Explore this picturesque town from its colonial architectural remnants to the famous Mall. As the 'summer capital' of the British, Shimla saw remarkable building activity during the colonial era and some of the finest structures of that time still stand over its seven hills. Abundant specimens of the Alpine and the Swiss Bavarian chalets, the Norman baronial style and neo Gothic structures validate its likeness to a European town. The famous Mall with its resemblance to an English home county's marketplace has, perhaps, one of the longest stretches of pedestrian shopping anywhere in the world and the town of Shimla also holds what may well be one of the last urban forests ever to be found on our planet. Beauty is a plenty also in the hidden trails and picnic spots, in the surrounding forests, nearby villages and the snow capped Himalayan peaks that Shimla offers a panoramic view of. The best way to enjoy Shimla is by walking as the oldest residents would vow and these walks are designed to take you through the town's rich history, heritage and natural beauty.
Resonating with a magnificent past and now mingled with a unique Indian ambience, Shimla, the queen of hill stations is still best discovered on foot and this is the best book you can have to accompany and guide you during these walks. The book describes ten walks in the city and its suburbs and each is steeped in history making it unique and beautiful. Raaja describes the history, tradition, architecture and the flora and fauna of Simla that has been forgotten and overlooked in a most engaging and interesting manner. The book is replete with anecdotes and information which reflects the authors keen interest in the history and essence of modern Simla. No other book can take you through Simla as thoroughly as this one. Written as a walking guide, this book packs much content amid it's otherwise thin covers. A must read for all Simla lovers.

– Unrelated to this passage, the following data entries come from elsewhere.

//! Documents, as the layout of a program is one: texts, places for lines, and groups around them.
//!
//! Three rules make the layout of a document. A group is flat if it fits, and broken otherwise; a line that is always
//! there breaks the groups around it; and arguments and chains may be held together instead, so that only what is after a
//! marked place in them is broken.
//!
//! The steps are, in their order: `units`, the tokens of a text; what is noted at them (`marks`, where crates above note
//! what they know of the language, and then `brackets`); parts (`gaps`), which have the comments, too; and text
//! (`measure`, `print`). Each takes linear time.
#![tactic(auto)]

mod between;
pub mod brackets;
pub mod gaps;
pub mod marks;
mod measure;
pub mod print;
pub mod roles;
pub mod style;
pub mod units;
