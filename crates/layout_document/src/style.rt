// How wide lines are, how far they are indented, and where commas are.

/// Where a comma is after the last item, where the closing bracket begins a line.
#[derive(Clone, Copy, PartialEq, Eq)]
pub enum Commas {
    /// Nowhere.
    None,
    /// In arrays, objects, imports and exports.
    Lists,
    /// In arguments and parameters, too.
    All,
}

/// A style of layouts.
#[derive(Clone, Copy)]
pub struct Style {
    /// How many columns a line has, if it can be broken.
    pub width: usize,
    /// By how many columns a line is indented more.
    pub indent: usize,
    pub commas: Commas,
}

impl Style {
    /// Lines of 80 columns, indented by 2, and commas wherever they may be.
    pub fn usual() -> Style {
        Style {
            width: 80,
            indent: 2,
            commas: Commas::All,
        }
    }
}
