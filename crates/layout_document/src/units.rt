// The units of a layout: tokens, and functions, classes and blocks as a whole.
use std::alloc::{AllocError, Global};
use swc_context::span::Span;
use swc_input::token::{Token, TokenAndSpan};

/// What a unit is, as far as that matters by itself.
#[derive(Clone, Copy, PartialEq, Eq)]
pub enum Kind {
    /// `(`
    OpenParen,
    /// `[`
    OpenSquare,
    /// `{`
    OpenBrace,
    /// `{` around statements, members of a class or clauses of a `switch`, which are units of a program.
    OpenBody,
    /// `${`
    OpenHole,
    /// `)`, `]` or `}`
    Close,
    /// `,`
    Comma,
    /// A number: a dot right after it would be read as a part of it.
    Number,
    /// `;`
    Semicolon,
    /// `;` that ends a statement, or a comma before a closing bracket: it is left out of the units, and written where the
    /// layout has it.
    Ending,
    /// Anything else.
    Other,
}

/// A part of the text that is written as it is. Places are in bytes.
#[derive(Clone, Copy)]
pub struct Unit {
    pub lo: usize,
    pub hi: usize,
    pub kind: Kind,
    /// A line break is between the unit before and this.
    pub is_at_line: bool,
}

impl Kind {
    /// Whether it is an opening bracket.
    pub fn opens(self) -> bool {
        matches!(
            self,
            Kind::OpenParen | Kind::OpenSquare | Kind::OpenBrace | Kind::OpenHole | Kind::OpenBody
        )
    }
}

/// The units of a text that has these tokens, and these bodies, each with a token at least.
pub fn units_of(
    alloc: Global,
    tokens: &[TokenAndSpan],
    bodies: &[Span],
) -> Result<Vec<Unit>, AllocError> {
    let mut units = Vec::new(alloc);
    let mut next = 0usize;
    for token in tokens {
        if is_after(token.span, bodies.get(next)) {
            next = next.saturating_add(1);
        }
        match bodies.get(next) {
            Some(body) if body.lo == token.span.lo => {
                units.push(unit_at(*body, Kind::Other, token.had_line_break))?
            }
            Some(body) if body.lo < token.span.lo => {}
            _ => {
                let kind = kind_of(&token.token);
                units.push(unit_at(token.span, kind, token.had_line_break))?
            }
        }
    }
    Ok(units)
}

/// Whether the place is after a body, if there is one.
fn is_after(place: Span, body: Option<&Span>) -> bool {
    match body {
        Some(body) => body.hi <= place.lo,
        None => false,
    }
}

fn unit_at(span: Span, kind: Kind, is_at_line: bool) -> Unit {
    Unit {
        lo: span.lo.0 as usize,
        hi: span.hi.0 as usize,
        kind,
        is_at_line,
    }
}

/// Shapes the commas before closing brackets as endings, but for those of holes of arrays, which mean something.
pub fn shape_commas(units: &mut Vec<Unit>) {
    for number in 2..units.len() {
        let kinds = (
            kind_at(units, number.saturating_sub(2)),
            kind_at(units, number.saturating_sub(1)),
        );
        let is_hole = matches!(kinds.0, Kind::Comma | Kind::OpenSquare);
        if kinds.1 == Kind::Comma && !is_hole && kind_at(units, number) == Kind::Close {
            if let Some(unit) = units.get_mut(number.saturating_sub(1)) {
                unit.kind = Kind::Ending;
            }
        }
    }
}

fn kind_at(units: &Vec<Unit>, number: usize) -> Kind {
    match units.get(number) {
        Some(unit) => unit.kind,
        None => Kind::Other,
    }
}

/// The units but for the endings.
pub fn without_endings(alloc: Global, units: &[Unit]) -> Result<Vec<Unit>, AllocError> {
    let mut kept = Vec::new(alloc);
    for unit in units {
        if unit.kind != Kind::Ending {
            kept.push(*unit)?;
        }
    }
    Ok(kept)
}

fn kind_of(token: &Token) -> Kind {
    match token {
        Token::LParen => Kind::OpenParen,
        Token::LBracket => Kind::OpenSquare,
        Token::LBrace => Kind::OpenBrace,
        Token::DollarLBrace => Kind::OpenHole,
        Token::RParen | Token::RBracket | Token::RBrace => Kind::Close,
        Token::Comma => Kind::Comma,
        Token::Semi => Kind::Semicolon,
        Token::Num { .. } => Kind::Number,
        _ => Kind::Other,
    }
}
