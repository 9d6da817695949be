// Comments and lines between statements.
use crate::gaps::{Between, Part, Space, push_comment, push_line};
use crate::marks::Gap;
use crate::units::Kind;
use std::alloc::AllocError;

/// Adds what is between two statements, after the `{` or before the `}` of a body, or at an end of a program: comments,
/// each on the line where the text has it, one line at least, and an empty line where the text has some, but none after
/// the `{`, before the `}`, and at the ends of a program.
///
/// Where the text has no line break, the line is before the first comment, but after the last before a `}`. Comments
/// alone in a body are on its line if the text has no line break there.
pub(crate) fn push_between(
    parts: &mut Vec<Part>,
    text: &str,
    between: &Between,
    gap: Gap,
) -> Result<(), AllocError> {
    let first = first_line(between, gap);
    let is_deeper = match gap {
        Gap::Statement { is_deeper } => is_deeper,
        _ => !between.is_last,
    };
    for (number, comment) in between.comments.iter().enumerate() {
        let space = space_at(between, number, comment.space, first);
        push_space(parts, number, between.is_first, space, is_deeper)?;
        push_comment(parts, text, comment)?;
    }
    let count = between.comments.len();
    match gap {
        Gap::Statement { .. } => {
            let space = space_at(between, count, between.end, first);
            push_space(parts, count, between.is_first, space, is_deeper)
        }
        _ => push_end(parts, between, first),
    }
}

/// The number of the comment before which a line begins even if the text has no line break there. What is after the
/// last comment has the next number.
fn first_line(between: &Between, gap: Gap) -> Option<usize> {
    let broken = first_break(between);
    match gap {
        _ if between.is_first => None,
        Gap::Statement { .. } => Some(broken.unwrap_or(0)),
        _ if is_after_body(between) => broken.map(|_| 0),
        _ => None,
    }
}

/// The number of the first comment, or of what is after the last, before which the text has a line break.
fn first_break(between: &Between) -> Option<usize> {
    let first = between
        .comments
        .iter()
        .position(|comment| comment.space.breaks);
    match first {
        None if between.end.breaks => Some(between.comments.len()),
        first => first,
    }
}

/// Whether it is after the `{` of a body.
fn is_after_body(between: &Between) -> bool {
    between.after == Some(Kind::OpenBody)
}

/// The space that is to be before a comment or what is after the last.
fn space_at(between: &Between, number: usize, space: Space, first: Option<usize>) -> Space {
    Space {
        breaks: space.breaks || first == Some(number),
        has_empty: space.has_empty && (0 < number || !is_after_body(between)),
    }
}

/// Adds a space, or nothing at the beginning of a program.
fn push_space(
    parts: &mut Vec<Part>,
    number: usize,
    is_first: bool,
    space: Space,
    is_deeper: bool,
) -> Result<(), AllocError> {
    if number == 0 && is_first {
        return Ok(());
    }
    if !space.breaks {
        parts.push(Part::Blank)?;
        return Ok(());
    }
    push_line(parts, is_deeper, space.has_empty)
}

/// Adds what is before the `}` of a body; nothing at the end of a program, and in a body that is empty.
fn push_end(
    parts: &mut Vec<Part>,
    between: &Between,
    first: Option<usize>,
) -> Result<(), AllocError> {
    let is_in_empty = is_after_body(between);
    if between.is_last || is_in_empty && between.comments.is_empty() {
        return Ok(());
    }
    if is_in_empty && first.is_none() {
        parts.push(Part::Blank)?;
        return Ok(());
    }
    push_line(parts, false, false)
}
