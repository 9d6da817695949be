// The parts of a layout: units and comments, and what is between them.
use crate::between::push_between;
use crate::marks::{Gap, Group, LineGap, Mark, Marks, Place, When};
use crate::units::{Kind, Unit};
use std::alloc::{AllocError, Global};
use swc_lexical::blank::{blank_len, comment_len, has_break, hashbang_len};
use swc_lexical::comment::line_len;

/// A part of a layout.
#[derive(Clone, Copy)]
pub enum Part {
    /// What is in the text between two places, on one line.
    Text(usize, usize),
    /// What is in the text between two places, through the last line break of a unit or a comment.
    Lines(usize, usize),
    /// A comment up to the end of the line: it takes no columns, and a line is after it.
    Note(usize, usize),
    /// A blank.
    Blank,
    /// A semicolon that ends a statement.
    Semicolon,
    /// A comma, if the closing bracket after it begins a line.
    Comma,
    /// A line that is always there, indented as the line before it in its group.
    SameLine,
    /// A place for a line, with an empty line before that.
    Line { line: LineGap, has_empty: bool },
    /// The place after which the group around it may be broken while what is before stays on one line.
    Place,
    /// A group begins.
    Open(Group),
    /// A group ends.
    Close,
}

/// A comment.
#[derive(Clone, Copy)]
pub(crate) struct Comment {
    pub(crate) lo: usize,
    pub(crate) hi: usize,
    pub(crate) space: Space,
    /// It begins with `/*`.
    is_block: bool,
}

/// What is in the text before a comment or a unit, after the one before.
#[derive(Clone, Copy)]
pub(crate) struct Space {
    /// A line break.
    pub(crate) breaks: bool,
    /// An empty line.
    pub(crate) has_empty: bool,
}

/// What is between two units, or before the first, or after the last.
#[derive(Drop)]
pub(crate) struct Between {
    pub(crate) comments: Vec<Comment>,
    /// What is after the last comment.
    pub(crate) end: Space,
    /// The opening bracket before it, if one is.
    pub(crate) after: Option<Kind>,
    /// Before a closing bracket.
    is_before_close: bool,
    /// Before a comma.
    is_before_comma: bool,
    /// Before the first unit.
    pub(crate) is_first: bool,
    /// After the last unit.
    pub(crate) is_last: bool,
    /// Lines are indented more than the first of the group.
    is_deeper: bool,
    /// Lines are indented as the one before.
    is_same: bool,
    /// Empty lines are kept.
    keeps_empty: bool,
}

/// The parts of a text, by what is noted at its units.
pub fn parts_of(alloc: Global, text: &str, marks: &Marks) -> Result<Vec<Part>, AllocError> {
    let mut parts = Vec::new(alloc);
    let mut last = None;
    let mut kept_to = 0;
    for (number, (unit, mark)) in marks.units.iter().zip(marks.marks.iter()).enumerate() {
        if kept_to <= number {
            if mark.has_comma {
                parts.push(Part::Comma)?;
            }
            push_gap(alloc, &mut parts, text, last, Some(*unit), mark.gap)?;
            push_opens(&mut parts, mark)?;
            kept_to = mark.kept_to;
            let last_kept = marks.units.get(kept_to.saturating_sub(1));
            let hi = last_kept.map_or(unit.hi, |last| last.hi).max(unit.hi);
            push_text(&mut parts, text, unit.lo, hi)?;
        } else {
            push_opens(&mut parts, mark)?;
        }
        push_closes(&mut parts, mark, kept_to <= number.saturating_add(1))?;
        last = Some(*unit);
    }
    push_gap(alloc, &mut parts, text, last, None, marks.end())?;
    Ok(parts)
}

/// Adds the groups that begin with a unit.
fn push_opens(parts: &mut Vec<Part>, mark: &Mark) -> Result<(), AllocError> {
    if mark.place == Place::Before {
        parts.push(Part::Place)?;
    }
    push_open(parts, mark.outer)?;
    for _ in 0..mark.opens {
        parts.push(Part::Open(Group::Parts))?;
    }
    push_open(parts, mark.chain)?;
    push_open(parts, mark.bracket)
}

fn push_open(parts: &mut Vec<Part>, group: Option<Group>) -> Result<(), AllocError> {
    if let Some(group) = group {
        parts.push(Part::Open(group))?;
    }
    Ok(())
}

/// Adds the ends of the groups that end with a unit, and the semicolon after it, unless it is kept as it is written.
fn push_closes(parts: &mut Vec<Part>, mark: &Mark, is_free: bool) -> Result<(), AllocError> {
    if mark.place == Place::After {
        parts.push(Part::Place)?;
    }
    for _ in 0..mark.closes {
        parts.push(Part::Close)?;
    }
    if mark.ends_statement && is_free {
        parts.push(Part::Semicolon)?;
    }
    Ok(())
}

/// Adds what is between two units, or before the first, or after the last, and the gap there.
fn push_gap(
    alloc: Global,
    parts: &mut Vec<Part>,
    text: &str,
    last: Option<Unit>,
    next: Option<Unit>,
    gap: Gap,
) -> Result<(), AllocError> {
    let lo = last.map_or(0, |unit| unit.hi);
    let hi = next.map_or(text.len(), |unit| unit.lo);
    let (comments, end) = comments_in(alloc, text.as_bytes(), lo, hi)?;
    let is_of_statements = matches!(gap, Gap::Statement { .. } | Gap::End);
    let after = last.map(|unit| unit.kind).filter(|kind| kind.opens());
    if comments.is_empty() && !is_of_statements {
        let has_empty = end.has_empty && after.is_none();
        return push_plain(parts, gap, meets(text.as_bytes(), last, next), has_empty);
    }
    let next = next.map(|unit| unit.kind);
    let is_before_close = next == Some(Kind::Close);
    let is_inner = last.is_some() && next.is_some();
    let between = Between {
        comments,
        end,
        after,
        is_before_close,
        is_before_comma: next == Some(Kind::Comma),
        is_first: last.is_none(),
        is_last: next.is_none(),
        is_deeper: is_before_close || is_deeper(gap, is_inner),
        is_same: matches!(gap, Gap::Word | Gap::Break),
        keeps_empty: matches!(gap, Gap::Line(line) if line.keeps_empty),
    };
    match between.after {
        _ if is_of_statements => push_between(parts, text, &between, gap),
        Some(kind) if between.is_before_close => push_alone(parts, text, &between, kind),
        _ => push_comments(parts, text, &between, gap),
    }
}

/// Whether lines of comments are indented more.
fn is_deeper(gap: Gap, is_inner: bool) -> bool {
    match gap {
        Gap::Line(line) => line.is_deeper,
        _ => is_inner,
    }
}

/// Adds what is in the text between two places.
fn push_text(parts: &mut Vec<Part>, text: &str, lo: usize, hi: usize) -> Result<(), AllocError> {
    let piece = text.get(lo..hi).unwrap_or("");
    match (piece.find('\n'), piece.rfind('\n')) {
        (Some(first), Some(last)) => {
            let first = lo.saturating_add(first);
            let last = lo.saturating_add(last).saturating_add(1);
            parts.push(Part::Text(lo, first))?;
            parts.push(Part::Lines(first, last))?;
            parts.push(Part::Text(last, hi))?;
        }
        _ => parts.push(Part::Text(lo, hi))?,
    }
    Ok(())
}

/// Adds a comment. Where each further line of a block comment begins with `*`, these lines are indented as the first.
pub(crate) fn push_comment(
    parts: &mut Vec<Part>,
    text: &str,
    comment: &Comment,
) -> Result<(), AllocError> {
    let piece = text.get(comment.lo..comment.hi).unwrap_or("");
    if !comment.is_block {
        let hi = comment.lo.saturating_add(piece.trim_end().len());
        parts.push(Part::Note(comment.lo, hi))?;
        return Ok(());
    }
    let has_stars = piece
        .split('\n')
        .skip(1)
        .all(|line| line.trim_start().starts_with('*'));
    if !has_stars || !piece.contains('\n') {
        return push_text(parts, text, comment.lo, comment.hi);
    }
    let mut lo = comment.lo;
    for line in piece.split('\n') {
        let first = lo.saturating_add(line.len().saturating_sub(line.trim_start().len()));
        if comment.lo < lo {
            parts.push(Part::SameLine)?;
            parts.push(Part::Blank)?;
        }
        parts.push(Part::Text(first, first.saturating_add(line.trim().len())))?;
        lo = lo.saturating_add(line.len()).saturating_add(1);
    }
    Ok(())
}

/// Adds a gap that has no comment.
fn push_plain(
    parts: &mut Vec<Part>,
    gap: Gap,
    meets: bool,
    has_empty: bool,
) -> Result<(), AllocError> {
    match gap {
        Gap::Nothing if !meets => {}
        Gap::Nothing | Gap::Blank | Gap::Word => parts.push(Part::Blank)?,
        Gap::Line(line) => {
            let is_blank = line.is_blank || meets;
            let has_empty = has_empty && line.keeps_empty;
            let line = LineGap { is_blank, ..line };
            parts.push(Part::Line { line, has_empty })?;
        }
        Gap::Break => parts.push(Part::SameLine)?,
        Gap::End => push_line(parts, false, false)?,
        Gap::Statement { is_deeper } => push_line(parts, is_deeper, false)?,
    }
    Ok(())
}

/// Adds a line that is always there.
pub(crate) fn push_line(
    parts: &mut Vec<Part>,
    is_deeper: bool,
    has_empty: bool,
) -> Result<(), AllocError> {
    let line = LineGap {
        is_blank: false,
        is_deeper,
        when: When::Always,
        keeps_empty: false,
        is_tail: false,
    };
    parts.push(Part::Line { line, has_empty })?;
    Ok(())
}

/// Adds the comments in brackets that hold nothing else, as a group.
fn push_alone(
    parts: &mut Vec<Part>,
    text: &str,
    between: &Between,
    kind: Kind,
) -> Result<(), AllocError> {
    let is_blank = kind == Kind::OpenBrace;
    let is_hole = kind == Kind::OpenHole;
    parts.push(Part::Open(if is_hole { Group::Flat } else { Group::Parts }))?;
    push_comments(parts, text, between, Gap::line(is_blank, true))?;
    push_gap_line(parts, Gap::line(is_blank, false), between.end.breaks, false)?;
    parts.push(Part::Close)?;
    Ok(())
}

/// Adds comments, and the line of the gap among them: after an opening bracket, before the first comment; before a
/// closing bracket, after the last one; otherwise where the text has its first line break, or before the first comment
/// if it has none.
fn push_comments(
    parts: &mut Vec<Part>,
    text: &str,
    between: &Between,
    gap: Gap,
) -> Result<(), AllocError> {
    let count = between.comments.len();
    let line = line_among(between, gap);
    for (number, comment) in between.comments.iter().enumerate() {
        let is_first = number == 0 && between.after.is_some();
        let keeps = between.keeps_empty || between.is_before_close;
        let has_empty = comment.space.has_empty && keeps && !is_first;
        if line == Some(number) {
            push_gap_line(parts, gap, comment.space.breaks, has_empty)?;
        } else if comment.space.breaks {
            push_comment_line(parts, between, has_empty)?;
        } else if 0 < number || between.after.is_none() && !between.is_first {
            parts.push(Part::Blank)?;
        }
        push_comment(parts, text, comment)?;
    }
    let has_empty = between.end.has_empty && between.keeps_empty;
    if line == Some(count) {
        push_gap_line(parts, gap, between.end.breaks, has_empty)
    } else {
        push_end(parts, between, has_empty)
    }
}

/// The number of the comment before which the line of the gap is; what is after the last has the next number.
fn line_among(between: &Between, gap: Gap) -> Option<usize> {
    let count = between.comments.len();
    let broken = between
        .comments
        .iter()
        .position(|comment| comment.space.breaks);
    match between.after {
        _ if !matches!(gap, Gap::Line(_) | Gap::Break) => None,
        Some(_) => Some(0),
        None if between.is_before_close => Some(count),
        None if between.end.breaks => Some(broken.unwrap_or(count)),
        None => Some(broken.unwrap_or(0)),
    }
}

/// Adds a line before or after a comment.
fn push_comment_line(
    parts: &mut Vec<Part>,
    between: &Between,
    has_empty: bool,
) -> Result<(), AllocError> {
    if between.is_same {
        parts.push(Part::SameLine)?;
        return Ok(());
    }
    push_line(parts, between.is_deeper, has_empty)
}

/// Adds what is after the last comment, where the line of the gap is before it or there is none.
fn push_end(parts: &mut Vec<Part>, between: &Between, has_empty: bool) -> Result<(), AllocError> {
    if between.is_last || between.is_before_close && between.after.is_some() {
        Ok(())
    } else if between.end.breaks {
        push_comment_line(parts, between, has_empty)
    } else if between.is_before_close || between.is_before_comma {
        Ok(())
    } else {
        parts.push(Part::Blank)?;
        Ok(())
    }
}

/// Adds the line of a gap.
fn push_gap_line(
    parts: &mut Vec<Part>,
    gap: Gap,
    is_forced: bool,
    has_empty: bool,
) -> Result<(), AllocError> {
    match gap {
        Gap::Line(line) => {
            let when = if is_forced { When::Always } else { line.when };
            let line = LineGap { when, ..line };
            parts.push(Part::Line { line, has_empty })?;
            Ok(())
        }
        Gap::Break => {
            parts.push(Part::SameLine)?;
            Ok(())
        }
        _ => Ok(()),
    }
}

/// The comments between two places, with a hashbang at the beginning, and what is after the last.
fn comments_in(
    alloc: Global,
    text: &[u8],
    lo: usize,
    hi: usize,
) -> Result<(Vec<Comment>, Space), AllocError> {
    let mut comments = Vec::new(alloc);
    let mut space = NO_SPACE;
    let mut is_at_line = false;
    let mut next = lo;
    for at in lo..hi.min(text.len()) {
        if at < next {
            continue;
        }
        let rest = &text[at..];
        let length = comment_at(rest, at);
        if 0 < length {
            let hi = at.saturating_add(length);
            let is_block = rest.get(1) == Some(&b'*');
            comments.push(Comment {
                lo: at,
                hi,
                space,
                is_block,
            })?;
            space = NO_SPACE;
            is_at_line = false;
            next = hi;
        } else {
            let length = blank_len(rest);
            let is_break = has_break(rest, length);
            space.has_empty |= is_break && is_at_line;
            space.breaks |= is_break;
            is_at_line = is_break || is_at_line && 0 < length;
            next = at.saturating_add(length.max(1));
        }
    }
    Ok((comments, space))
}

/// How long the comment is that begins at a place of the text between tokens, with a hashbang at the beginning, and
/// HTML-like comments (ECMA-262, B.1.1); 0 if none begins there.
fn comment_at(rest: &[u8], at: usize) -> usize {
    match comment_len(rest) {
        0 if at == 0 && 0 < hashbang_len(rest) => hashbang_len(rest),
        0 if rest.starts_with(b"<!--") || rest.starts_with(b"-->") => line_len(rest),
        length => length,
    }
}

/// No line break.
const NO_SPACE: Space = Space {
    breaks: false,
    has_empty: false,
};

/// Whether two units would be read as others if nothing were between them: two words or numbers, two signs, or a number
/// and a dot.
fn meets(text: &[u8], last: Option<Unit>, next: Option<Unit>) -> bool {
    let (Some(last), Some(next)) = (last, next) else {
        return false;
    };
    let before = text.get(last.hi.saturating_sub(1)).copied();
    let after = text.get(next.lo).copied();
    match (before, after) {
        _ if next.kind == Kind::OpenHole => false,
        (Some(b'+'), Some(b'+')) | (Some(b'-'), Some(b'-')) => true,
        (Some(_), Some(b'.')) => last.kind == Kind::Number,
        (Some(before), Some(after)) => is_of_word(before) && is_of_word(after),
        _ => false,
    }
}

/// Whether the byte may be one of a word or of a number.
fn is_of_word(byte: u8) -> bool {
    byte.is_ascii_alphanumeric() || matches!(byte, b'_' | b'$' | b'\\' | 128..=255)
}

An interesting 'walk' (s) with the author Raaja Bhasin through the picturesque hill station,Shimla and its adjoining suburbs Raaja has wisely included a lot of tips on suitable times, clothes, essentials and other safety measures, while taking these walks. A must for tourists ( though, even the locals can learn a thing or two.)
When the British established footholds on the coasts of India, its heat and dust proved to be quite a challenge which claimed the lives of many early officials. It was only after annexing the interior kingdoms could they gain entry to hill stations which offered a salubrious climate somewhat similar to what they were accustomed to back home. If India was the jewel in the crown, Shimla was the adhesive with which the jewel was affixed on the diadem. There were several such asylums against heat in the Indian heartland, such as Ooty and Kodaikanal in the south and Nainital and Dehra Dun in the north. But Shimla was undoubtedly the queen among them all, which was also the seat of the government during the summer months. The administration transferred its seat, along with paperwork and employees in the month of April every year to Shimla and returned to the plains in October. The viceroys contemplated the decisions which affected a fifth of humanity in the cool and elaborately built mansions in Shimla while the plains sweltered in the scorching heat and drenched in immense sheets of monsoon rain.
Many parts of Shimla is recognized as heritage zones and closed to vehicular traffic. A leisurely walk through these areas provides a memoable experience to visitors. Almost all of the walks described in the book originate at Scandal Point near the Mall, which is the most famous landmark of Shimla. The walks are a few kilometers long through undulating terrain alongside great vistas through wooded forests of oak, cedar and spruce trees. The walks are designed in such a way that travelers can interrupt one and continue with another one, according to choice and circumstances. A route map is provided along with each suggested itinerary. Major attractions, mostly architectural, along the route are described and photographs included. Anecdotes related to the locations on the way are also described in a pleasant manner. Bhasin’s narration is authoritative and full of confidence arising out of a long experience gained through living in this hill station, which is also the capital city of the state of Himachal Pradesh. What is noticeable in the post-independence period of the city is that whatever was in the hands of the colonial administration changed hands to the union government at Delhi and that of the British armed forces to that of Indian. An exception to the rule is the Viceregal Lodge, which was the abode of viceroys. Naturally, it fell to the office of the President of India. In 1964, Dr. S Radhakrishnan, the philosopher-statesman handed over this building to house the Indian Institute of Advanced Study, an institution set up to research in areas which have deep human significance through an inter-disciplinary approach.
The included route map with each walk is rather simplistic and not to scale. Only a few landmarks are indicated along the way and there seem to be a little difficulty for a novice in finding his way, especially if one compares the route map with that of Google Maps which is complicated. I would like to stress here that this opinion is from a person who has never been to Shimla. The route map does not follow the conventional directions either, with the East shown on top in some maps and towards the bottom in many others. This is a great source of confusion, as the walkers may find placing landmarks on the correct side of the road. Many of the photographs are not given captions, making it again difficult to identify them. A good index and collection of tips for visitors add value to the book. Printing and layout of the book is superb, especially the good quality colour plates.
The book is highly recommended for the traveler to Shimla.